Mais la médecine n’est pas du contenu. Et pourtant, de manière inquiétante, la frontière entre les deux s’amenuise. L’esprit de la HIPAA est la confidentialité, pas la performance. Au cours des dernières années, il y a eu une augmentation spectaculaire des contenus filmés sur le lieu de travail. Dans un cas, un groupe d’infirmières à l’Emory University Hospital Midtown a été licencié après avoir filmé des vidéos TikTok à l’intérieur de l’hôpital. Et dans un autre cas, plusieurs membres du personnel soignant ont été placés en congé après avoir publié une vidéo sur TikTok les montrant se moquant des sorties des patients ayant subi un frottis.
Les critiques peuvent soutenir que l’inconfort vis-à-vis des scrubs coupés, des ongles en acrylique ou des extensions de cils reflète une pensée dépassée. Les normes évoluent. Des femmes médecins ont autrefois été critiquées pour porter des pantalons. Des tatouages visibles étaient autrefois tabous. Bon nombre de ces restrictions reposaient sur des biais et méritaient d’être révisées. Mais le professionnalisme n’est pas synonyme de rigidité, ni d’expression de soi sans limite. Il existe pour protéger le sentiment de sécurité du patient.
Les professionnels de la santé méritent le confort, l’individualité et la dignité. Mais les patients méritent un environnement qui demeure perçu comme aseptique, focalisé et entièrement centré sur leur vulnérabilité, et non sur les tendances esthétiques. Le problème ne concerne pas une marque ou un produit unique. C’est le message cumulé lorsque la mode commence à prime sur la fonction, lorsque les directives de contrôle des infections sont fléchies pour des préférences esthétiques, lorsque l’uniforme clinique devient une autre extension de la culture des influenceurs.
Un haut de scrub raccourci ne démantèlera pas la médecine. Les extensions de cils n’altéreront pas la santé publique. Mais la culture évolue rarement par des révolutions spectaculaires. Elle évolue par une normalisation subtile.
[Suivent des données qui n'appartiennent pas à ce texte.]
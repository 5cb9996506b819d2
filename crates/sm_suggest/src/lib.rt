//! The first combination of given fillings that a decision accepts.
//!
//! - `choices` says of a combination, which is a number, whose filling each hole takes.
//! - `combine_fillings` makes the task that has a combination as its candidate, all else as it was.
//!   The task's own candidate is left out, and counts for nothing.
//! - `suggest` goes through the combinations of a task in order, and answers the first that a
//!   decision accepts, or that it refuses all. The decision is a closure, and is only asked of
//!   tasks that are fit for it. A program of more than 8 holes is refused, and want of memory is an
//!   error at any place.
//! - Each combination of a task that is fit is fit (`combinations_are_fit`), and so is a task that
//!   some text spells (`spelled_are_fit`).
//!
//! It says nothing of what the decision decides.
//!
//! Read `specs/Combinations.antt` first, then `specs/Fit.antt` and `specs/First.antt`.
#![tactic(auto)]

mod choosing;
mod combining;
mod error;
mod laws;
mod suggesting;

pub use choosing::choices;
pub use combining::combine_fillings;
pub use error::SuggestError;
pub use laws::{combinations_are_fit, spelled_are_fit};
pub use suggesting::suggest;
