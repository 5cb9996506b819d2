// Laws of combinations, as contracts.
ghost use Rattle.sm_suggest.specs.Laws.{CombinationsAreFit, SpelledAreFit};

/// A combination of a task that is fit for a decision is fit.
pub fn combinations_are_fit()
    ensures { CombinationsAreFit }
{}

/// A task that some text spells is fit for a decision.
pub fn spelled_are_fit()
    ensures { SpelledAreFit }
{}
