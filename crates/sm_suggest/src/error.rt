// Why nothing is suggested.
ghost use Rattle.std.specs.Prelude.{◌≡◌};
ghost use Rattle.sm_suggest.specs.declared.error.SuggestError.TheVariants.{Memory};

use std::alloc::AllocError;
use thiserror::Error;

/// Why nothing is suggested.
#[derive(Clone, Copy, Debug, PartialEq, Eq, Error)]
pub enum SuggestError {
    #[error("{count} holes are more than 8")]
    TooManyHoles { count: u64 },
    #[error("out of memory")]
    Memory,
}

impl From<AllocError> for SuggestError {
    ghost from_gives = { λ _ e. e ≡ Memory };

    fn from(_e: AllocError) -> SuggestError {
        SuggestError::Memory
    }
}
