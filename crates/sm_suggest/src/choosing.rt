// Whose filling each hole takes.
ghost use Rattle.std.specs.Prelude.{◌≡◌, ◌<◌, map, IfOk};
ghost use Rattle.sm_syntax.specs.trees.Copies.{copy_named};
ghost use Rattle.sm_suggest.specs.Combinations.{choices, copy_of_digit};

use sm_syntax::CopyName;
use std::alloc::{AllocError, Global};

/// The copies whose fillings some holes take in combination k, that of the first hole first.
pub fn choices(alloc: Global, holes: usize, k: u64) -> Result<Vec<CopyName>, AllocError>
    ensures { IfOk result (λ v. map copy_named v.items ≡ choices holes k) }
{
    let mut copies = Vec::new(alloc);
    let mut left = holes;
    let mut rest = k;
    while 0 < left {
        copies.push(copy_of_digit(rest % 3))?;
        rest /= 3;
        left -= 1;
    }
    copies.reverse();
    Ok(copies)
}

// The copy that a digit names.
fn copy_of_digit(digit: u64) -> CopyName
    ensures { copy_named result ≡ copy_of_digit digit }
{
    match digit {
        0 => CopyName::O,
        1 => CopyName::A,
        _ => CopyName::B,
    }
}
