// A client's small state as bytes, for callers that keep it in lent memory. Every run of bytes has a meaning.
// `as` stands where a number has no `From`; the proof says that it fits.
#![tactic(auto)]

ghost use Rattle.std.specs.Prelude.{◌≡◌, ◌<◌, length};
ghost use Rattle.wire.specs.Make.{placed};
ghost use Rattle.state.specs.State.{marks_at_def, length_at, tally_at_def, numbers, call_at, call_bytes};

// Bytes of a state, and the place of the kept bytes where they follow it in one run.
pub const SIZE: usize = NUMBERS + cluster::MOST_SERVERS;

pub const KEPT_PLACE: usize = 64;

// The call's number stands first; the places of the last stamp's number, of the highest one seen, of the content's length, of the round and of the
// count of replies; and the bytes of all these, which the marks follow.
const LAST_PLACE: usize = wire::sizes::NUMBER;

const HIGH_PLACE: usize = LAST_PLACE + wire::sizes::NUMBER;

const LENGTH_PLACE: usize = HIGH_PLACE + wire::sizes::NUMBER;

const ROUND_PLACE: usize = LENGTH_PLACE + wire::sizes::LENGTH;

const COUNT_PLACE: usize = ROUND_PLACE + 1;

const NUMBERS: usize = COUNT_PLACE + 1;

// Which servers have replied.
#[tactic(auto, unfolding(crate::specs::State::marks_at_def))]
fn marks_at(bytes: &[u8]) -> [u8; cluster::MOST_SERVERS]
    ensures { result ≡ marks_at_def bytes.now }
{
    wire::bytes::first_bytes(wire::bytes::rest(bytes, NUMBERS))
}

// The length of the content.
fn length_at(bytes: &[u8]) -> u16
    ensures { result ≡ length_at bytes.now }
{
    wire::bytes::number2(wire::bytes::rest(bytes, LENGTH_PLACE)) as u16
}

#[tactic(auto, unfolding(crate::specs::State::tally_at_def))]
fn tally_at(bytes: &[u8]) -> protocol::Tally
    ensures { result ≡ tally_at_def bytes.now }
{
    protocol::Tally {
        round: wire::bytes::byte_at(bytes, ROUND_PLACE),
        count: wire::bytes::byte_at(bytes, COUNT_PLACE),
        marks: marks_at(bytes),
    }
}

// The state in bytes; a byte that is missing is 0.
#[tactic(auto, unfolding(crate::specs::State::call_at))]
pub fn read(bytes: &[u8]) -> protocol::Call
    ensures { result ≡ call_at bytes.now }
{
    protocol::Call {
        number: wire::bytes::number4(bytes),
        last: wire::bytes::number4(wire::bytes::rest(bytes, LAST_PLACE)),
        high: wire::bytes::number4(wire::bytes::rest(bytes, HIGH_PLACE)),
        length: length_at(bytes),
        tally: tally_at(bytes),
    }
}

// What stands before the marks.
fn numbers_of(call: protocol::Call) -> [u8; NUMBERS]
    ensures { result ≡ numbers call }
{
    let mut bytes = [0; NUMBERS];
    wire::make::put_number4(&mut bytes, 0, call.number);
    wire::make::put_number4(&mut bytes, LAST_PLACE, call.last);
    wire::make::put_number4(&mut bytes, HIGH_PLACE, call.high);
    wire::make::put_number2(&mut bytes, LENGTH_PLACE, call.length);
    wire::make::put_byte(&mut bytes, ROUND_PLACE, call.tally.round);
    wire::make::put_byte(&mut bytes, COUNT_PLACE, call.tally.count);
    bytes
}

// The state's bytes at the start of others; nothing where there is no room.
pub fn put(bytes: &mut [u8], call: protocol::Call)
    ensures { bytes.new ≡ (placed bytes.old 0 (call_bytes call)).output }
{
    if bytes.len() < SIZE {
        return;
    }
    let n = wire::make::put(bytes, 0, &numbers_of(call));
    wire::make::put(bytes, n, &call.tally.marks);
}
Les soins de santé n’ont pas besoin de revenir à des cols rigides et à la sévérité. Ils doivent toutefois se rappeler que le professionnalisme n’est pas un reliquat esthétique. Il fait partie de la promesse faite à chaque patient qui franchit la porte.
Caroline Rubin est une étudiante BSN dans le programme d’excellence à la Nell Hodgson Woodruff School of Nursing de l’Université Emory à Atlanta. Elle travaille également dans une pharmacie en tant que technicien(ne) en pharmacie diplômé(e). Les opinions exprimées sont celles de l’auteure et ne reflètent pas celles des institutions auxquelles elle est affiliée.